Before you update the node pools, you need to update the control planes first.

  1. Log on to the ACK console. In the left-side navigation pane, click Clusters.

  2. On the Clusters page, find the cluster that you want to upgrade and choose More > Operations > Upgrade Cluster in the Actions column.

  3. In the Update Items section of the Upgrade Cluster page, select an available Kubernetes version, set the Update Mode parameter to Control Planes Only, and then click Precheck.

    After the precheck is complete, click Details to view the report.

    • If the result is normal in the report, the cluster passes the precheck and you can update the cluster.

    • If the result is abnormal in the report, the cluster can still run as expected and the cluster status does not change. Click the Troubleshoot tab and follow the suggestions displayed on the page to resolve the issues. For more information, see Cluster check items and suggestions on how to fix cluster issues.

      Note

      If your cluster runs Kubernetes 1.20 or later, the precheck checks whether discontinued APIs are used in your cluster. The precheck result is for reference only and does not determine whether the cluster can be updated. For more information, see the Deprecated APIs section of the "Cluster check items and suggestions on how to fix cluster issues" topic.

  4. After the cluster passes the precheck, click Start Update.
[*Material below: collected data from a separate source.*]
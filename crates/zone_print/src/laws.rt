//! Laws of zones and their canonical text. The functions only call other laws: their contracts are
//! the laws.
ghost use Rattle.std.specs.Prelude.{◌≡◌, ◌*◌, ◌≤◌, ◌↔◌, ◌++◌, ◌∷◌, [], List, length};
ghost use Rattle.std.specs.Cmp.{IsTotalOrder};
ghost use Rattle.std.specs.List.{AllByRecursion};
ghost use Rattle.std.specs.declared.cmp.Ordering.TheVariants.{Equal};
ghost use Rattle.zone_name.specs.Common.{AtMostOneIs, Labels, Octets};
ghost use Rattle.zone_rdata.specs.Record.{IsRecord, Record, data_of};
ghost use Rattle.zone_rdata.specs.RecordText.{record_text};
ghost use Rattle.zone_print.specs.Canonical.{canon, line, lines, text_limit};
ghost use Rattle.zone_print.specs.Denotes.{Denotes};
ghost use Rattle.zone_print.specs.Laws.{EachLineEnds, IsLineOf, placed_from};
ghost use Rattle.zone_set.specs.Message.{message_octets};
ghost use Rattle.zone_set.specs.Order.{canonical_cmp};
ghost use Rattle.zone_set.specs.Zone.{Zone, IsZone, SameRecords};
ghost use Rattle.zone_text.specs.File.{FileStates};

use zone_name::laws::printed_names_are_spelled;
use zone_rdata::laws::text::printed_data_is_stated;
use zone_rdata::laws::word::{printed_numbers_are_read, printed_words_are_read};
use zone_text::laws::entry::an_entry_states_one_record;
use zone_text::laws::file::a_file_states_one_list;
use zone_text::laws::line::{
    a_line_of_items_is_one_entry, a_whole_entry_leaves_the_origin, a_whole_entry_states_its_record,
};
use zone_text::laws::tokens::{lines_are_cut_by_themselves, one_cut_of_a_text};

/// The line of a record has one line feed, its last octet.
#[tactic(auto, using(crate::proofs::Feeds::line_ends_with_feed))]
pub fn each_line_ends()
    ensures { EachLineEnds }
{}

/// The line of a record is its canonical text, which `{}` shows of it, and a line feed.
#[tactic(auto, using(crate::proofs::Lines::line_shown))]
pub fn a_line_is_its_record_shown()
    ensures { (r : Record) → line r ≡ record_text r ++ 10 ∷ [] }
{}

/// The canonical order is total, and records that it doesn't tell apart have one owner and one
/// data.
#[tactic(auto, using(crate::proofs::OneZone::canonical_orders))]
pub fn canonical_order_is_total()
    ensures total { IsTotalOrder canonical_cmp }
    ensures exact { (r s : Record) → canonical_cmp r s ≡ Equal → (r.owner ≡ s.owner)
        × (data_of r ≡ data_of s) }
{
    zone_name::laws::order_is_exact();
}

/// A zone is fixed by the set of its records.
#[tactic(auto, using(crate::proofs::OneZone::one_zone))]
pub fn one_zone_of_records()
    ensures { (z w : Zone) → IsZone z → IsZone w → SameRecords z.records w.records → z ≡ w }
{}

/// A master file denotes at most one zone under its origin.
pub fn one_zone_of_a_file()
    ensures { (origin : Labels) (octets : Octets) → AtMostOneIs (Denotes origin octets) }
{
    a_file_states_one_list();
}

/// The line of a record is one entry of a master file that states every part of the record.
#[tactic(auto, using(crate::proofs::ReadBack::line_is_entry))]
pub fn each_line_is_one_entry()
    ensures { (r : Record) → IsRecord r → IsLineOf r (line r) }
{
    printed_names_are_spelled();
    printed_numbers_are_read();
    printed_words_are_read();
    printed_data_is_stated();
    a_line_of_items_is_one_entry();
}

/// Two lines of records are equal exactly if the records are.
#[tactic(auto, using(crate::proofs::ReadBack::equal_lines))]
pub fn equal_lines_are_equal_records()
    ensures { (r s : Record) → IsRecord r → IsRecord s → (line r ≡ line s) ↔ (r ≡ s) }
{
    each_line_is_one_entry();
    one_cut_of_a_text();
    a_whole_entry_states_its_record();
    an_entry_states_one_record();
}

/// The lines of records are a master file that states these records in their order, under every
/// origin: the first at line 1, the next at line 2 and so on.
#[tactic(auto, using(crate::proofs::ReadBack::lines_back))]
pub fn lines_read_back()
    ensures { (origin : Labels) (records : List Record) → AllByRecursion IsRecord records
        → FileStates origin (lines records) (placed_from 1 records) }
{
    each_line_is_one_entry();
    lines_are_cut_by_themselves();
    a_whole_entry_states_its_record();
    a_whole_entry_leaves_the_origin();
}

/// The canonical text of a zone, if it is within the limit, denotes that zone under every origin.
#[tactic(auto, using(crate::proofs::ReadBack::text_back))]
pub fn canonical_text_reads_back()
    ensures { (origin : Labels) (z : Zone) → IsZone z → length (canon z) ≤ text_limit
        → Denotes origin (canon z) z }
{
    lines_read_back();
}

/// Two zones have one canonical text exactly if they are one zone, however long it is.
#[tactic(auto, using(crate::proofs::ReadBack::equal_texts))]
pub fn equal_texts_are_equal_zones()
    ensures { (z w : Zone) → IsZone z → IsZone w → (canon z ≡ canon w) ↔ (z ≡ w) }
{
    lines_read_back();
    a_file_states_one_list();
    one_zone_of_records();
}

/// The canonical text of a zone has at most four times as many octets as its records take in
/// messages where no name is compressed (RFC 1035 3.2.1).
#[tactic(auto, using(crate::proofs::Lengths::lines_length))]
pub fn a_text_is_at_most_four_times_its_messages()
    ensures { (z : Zone) → IsZone z → length (canon z) ≤ 4 * message_octets z.records }
{}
    You can view the update progress on the Upgrade Cluster page. After the update is complete, you can go to the Clusters page, find the cluster that you want to manage, and check the Kubernetes version of your cluster to verify that the control plane components are updated.

Next step: Update node pools

After the control plane is updated, new nodes are added to the cluster based on the updated Kubernetes version. We recommend that you update existing nodes during off-peak hours at the earliest opportunity and confirm the kubelet version after the update is complete. For more information, see Update a node pool.

FAQ about cluster updates

What do I do if a cluster update fails and the "the aliyun service is not running on the instance" error message is returned?

Cause

The Cloud Assistant agent becomes unavailable. As a result, the update command fails to be sent to the cluster.

Solution

Start or stop the Cloud Assistant agent. Then, update the cluster again. For more information, see Start, stop, or uninstall the Cloud Assistant Agent.

How do I handle the PLEG not healthy error?

The containers or container runtime does not respond. You need to restart the nodes and initiate the update again.

Procedures for updating the control plane and node pools

Update the control plane

ACK updates the control plane of your ACK Lingjun cluster based on the following procedure. The update policy specifies the following rules:

  1. Update the control plane and managed components, such as kube-apiserver, kube-controller-manager, and kube-scheduler.

  2. Update Kubernetes components, such as kube-proxy.

Update node pools

ACK updates the nodes in your cluster in batches. The batch update policy specifies the following rules:

  • ACK updates node pools one after one.

  • The nodes in a node pool are updated in batches. The first batch includes one node. The number of nodes increases based on the powers of two in subsequent batches. The batch update policy still applies after you resume a paused update. You can specify the maximum batch size on the Node Pool Upgrade page. We recommend that you set the maximum batch size to 10. For more information, see Update a node pool.

References

If errors occur when you update ACK Lingjun clusters, refer to Cluster check items and suggestions on how to fix cluster issues to troubleshoot the errors.